With only two years left on his contract and an indisposition to extend it at this point in times, it was believed that the best player to call it soccer rather than football, Christian Pulisic would be available this summer at a starting price of “only” €70 million. With practically all of Europe watching, a bidding war was expected.
No such war, or even battle materialized, and so Pulisic looks set for another season at Signal Iduna Park. In fact, according to a report from the Daily Mail, BVB are insisting that he’s actually not for sale. If he was on the transfer list, he’s now off of it.
DAILYMAIL— Chelsea FC RSS Feeds (@CFCrss) August 4, 2018
Borussia Dortmund insist £60m-rated teenager Christian Pulisic is not for sale
While Dortmund are resigned to eventually losing Pulisic just as Pulisic himself knows that eventually he will get his big-money move (probably) to the Premier League, that won’t be happening this summer.

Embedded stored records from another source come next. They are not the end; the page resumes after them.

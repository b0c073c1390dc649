//! Trials of the test whether a set is minimal, on small programs: against all proper subsets. It
//! has tests alone.
#![tactic(auto)]

#[cfg(test)]
mod trials;
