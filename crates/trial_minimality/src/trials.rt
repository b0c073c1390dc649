// The tests, by what they are about.
mod known_parts;
mod parts;
mod random_sets;
mod scene;
mod units;
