// The slip for the carton: a line for each net, into a lent list of bytes. `slip_in` is the body of the call.
#![tactic(auto)]

mod firsts;
mod page;
mod put;

ghost use Rattle.std.specs.Prelude.{◌≡◌, true};
ghost use Rattle.foil_spec.specs.Ledger.{slip as slips};
ghost use Rattle.foil_spec.specs.Lent.{lent, sound};
ghost use Rattle.foil.specs.Contract.{ReadIn};

use foil::{Accepted, Answer};
use foil_spec::{Board, Reason};
pub use page::PAGE_SIZE;
use page::put_page;
use putting::put_bytes;

// Writes the slip of a foil that keeps the rules to the front of `out`, and answers the number of its bytes.
// Where it is refused, `out` stays as it is: the page is made apart, so that its size is known before any byte
// of it is written to `out`.
pub fn slip_in(out: &mut [u8], table: &[u16], strips: &[u16], board: Board) -> Answer
    requires { sound (lent board table.now strips.now) ≡ true }
    ensures { ReadIn slips (lent board table.now strips.now)
        out.old result out.new }
{
    let mut page = [0u8; PAGE_SIZE];
    let size = put_page(&mut page, table, board.entries);
    if out.len() < size {
        return Err(Reason::LentTooLittle.into());
    }
    put_bytes(out, 0, &page[..size]);
    Ok(Accepted::Wrote(size))
}
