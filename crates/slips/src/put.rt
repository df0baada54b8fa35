// A line of the slip, put at a place of a lent list. Each function answers the place after it.
ghost use Rattle.std.specs.Prelude.{◌+◌, ◌≤◌, ◌<◌, ◌^◌, length};
ghost use Rattle.foil_spec.specs.Slip.{set_right, column, slip_line};
ghost use Rattle.slip_laws.specs.Page.{Narrow};
ghost use Rattle.putting.specs.Put.{Put};

use foil_spec::Point;
use nets::Track;
use putting::put_bytes;

// Puts the line of a net with this first point.
pub(crate) fn put_line(out: &mut [u8], at: usize, net: u16, track: Track, first: Point) -> usize
    requires { Narrow net track.legs track.steps first × (at + 33 ≤ length out.old) }
    ensures { Put out.old at (slip_line net track.legs track.steps first)
        out.new result }
{
    let a = put_right(out, at, 3, u64::from(net));
    let b = put_column(out, a, 3, track.legs as u64);
    let c = put_column(out, b, 6, track.steps as u64);
    let d = put_column(out, c, 4, u64::from(first.x));
    let e = put_column(out, d, 4, u64::from(first.y));
    put_bytes(out, e, b"    \n")
}

// Puts two blanks and a number, set right in so many columns.
fn put_column(out: &mut [u8], at: usize, width: usize, n: u64) -> usize
    requires { (1 ≤ width) × (width ≤ 6) × (n < 10 ^ width) × (at + 2 + width ≤ length out.old) }
    ensures put { Put out.old at (column width n) out.new result }
    ensures upper_bound { result ≤ at + 2 + width }
{
    let a = put_bytes(out, at, b"  ");
    put_right(out, a, width, n)
}

// Puts a number, set right in so many columns.
fn put_right(out: &mut [u8], at: usize, width: usize, n: u64) -> usize
    requires { (1 ≤ width) × (width ≤ 6) × (n < 10 ^ width) × (at + width ≤ length out.old) }
    ensures put { Put out.old at (set_right width n) out.new result }
    ensures upper_bound { result ≤ at + width }
{
    let mut digits = [0u8; 20];
    let k = io::decimal(n, &mut digits);
    let blanks = [b' '; 6];
    let before = width - k;
    let a = put_bytes(out, at, &blanks[..before]);
    put_bytes(out, a, &digits[..k])
}
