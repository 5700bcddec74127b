//! What a walk learns from a page of a directory's list.

use crate::explorer::{Explorer, Step};
use crate::listing::Entry;
use crate::refusal::{Cause, Spot, Stop};
use crate::replies::{entries_plus_told, entries_told};
use nfs3_types::{DirectoryEntryPlus, FileAttributes, FileHandle, Name, NfsReply};
use tree_starts::{TEXT_LIMIT, is_dot, is_two_dots};
use walk_accounts::{Page, page_in};

/// A name of a page.
#[derive(Clone, Copy)]
struct Told<'a> {
    name: &'a Name,
    handle: Option<&'a FileHandle>,
    attributes: Option<&'a FileAttributes>,
    /// Its entry of a READDIRPLUS.
    index: usize,
}

fn owned(attributes: Option<&FileAttributes>) -> Option<FileAttributes> {
    match attributes {
        Some(attributes) => Some(*attributes),
        None => None,
    }
}

impl Explorer {
    pub(crate) fn take_page(
        &mut self,
        index: usize,
        number: usize,
        from: usize,
        reply: &NfsReply,
    ) -> Result<(), Stop> {
        if let Some(entries) = entries_plus_told(reply) {
            self.add_entries_plus(index, number, entries)?;
        } else if let Some(entries) = entries_told(reply) {
            for entry in entries {
                let told = Told {
                    name: &entry.name,
                    handle: None,
                    attributes: None,
                    index: 0,
                };
                self.add_entry(index, number, told)?;
            }
        } else {
            return Err(Stop::at(Cause::WrongReply, Spot::Account(number)));
        }
        self.end_page(index, number, from, reply)
    }

    fn add_entries_plus(
        &mut self,
        index: usize,
        number: usize,
        entries: &[DirectoryEntryPlus],
    ) -> Result<(), Stop> {
        for (place, entry) in entries.iter().enumerate() {
            let told = Told {
                name: &entry.name,
                handle: entry.object.as_ref(),
                attributes: entry.attributes.as_ref(),
                index: place,
            };
            self.add_entry(index, number, told)?;
        }
        Ok(())
    }

    fn add_entry(&mut self, index: usize, number: usize, told: Told<'_>) -> Result<(), Stop> {
        let directory = Spot::Account(number);
        let bytes = told.name.as_slice();
        if bytes.is_empty() {
            return Err(Stop::at(Cause::NoName, directory));
        }
        if bytes.len() > TEXT_LIMIT {
            return Err(Stop::at(Cause::NameTooLong, directory));
        }
        let again = self.list.gave(self.alloc, bytes)?;
        if !again && (is_dot(bytes) || is_two_dots(bytes)) {
            return Ok(());
        }
        let spot = Spot::Entry(self.list.entries.len());
        let handle = match told.handle {
            Some(handle) => Some(handle.clone()?),
            None => None,
        };
        let entry = Entry {
            name: told.name.clone()?,
            handle,
            attributes: owned(told.attributes),
            named_by: index,
            index: told.index,
            is_looked_up: false,
        };
        self.list.entries.push(entry)?;
        if again {
            return Err(Stop::at(Cause::ListedTwice, spot));
        }
        Ok(())
    }

    fn end_page(
        &mut self,
        index: usize,
        number: usize,
        from: usize,
        reply: &NfsReply,
    ) -> Result<(), Stop> {
        let directory = Spot::Account(number);
        let found = self.list.entries.len();
        if self.settings.is_empty && found > 0 {
            return Err(Stop::at(Cause::NotEmpty, directory));
        }
        if found.saturating_add(self.known.accounts.len())
            > self.settings.objects.saturating_add(1)
        {
            return Err(Stop::at(Cause::TooMany, directory));
        }
        let next = index.saturating_add(1);
        match page_in(reply) {
            Page::Other => Err(Stop::at(Cause::EmptyPage, directory)),
            Page::Last => {
                self.set_part(number, from, next);
                self.settle(number, next)
            }
            Page::More(cursor) => {
                self.step = Step::Page {
                    number,
                    cursor,
                    from,
                };
                Ok(())
            }
        }
    }
}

The German transfer window is open through the end of the month, unlike the one in the Premier League that ends on Thursday, but even so, BVB apparently aren’t too keen on scrambling to find a replacement — there aren’t too many 19-year-olds able to play week in and week out at that level, for a start. Dortmund have also already jettisoned Andriy Yarmolenko and André Schürrle this summer, which will likely mean an even more important role for the USA international.
Chelsea and any other suitors could potentially try and make an arrangement similar to the one Liverpool made for Naby Keïta, and agree a transfer for the following summer for a set fee and maybe a performance-based variable. In Keïta’s case, Liverpool agreed to pay the £48 million release clause plus a premium (set at £14 million after RB Leipzig qualified for the Europa League) for a transfer 12 months in the future.
Would Chelsea look to do the same thing, paying over the odds to secure a valuable asset, and thus avoid a transfer clash? Our hearts want to believe we would, but our methods that made us lose out on several transfer targets over the last few years make it clear that we would not.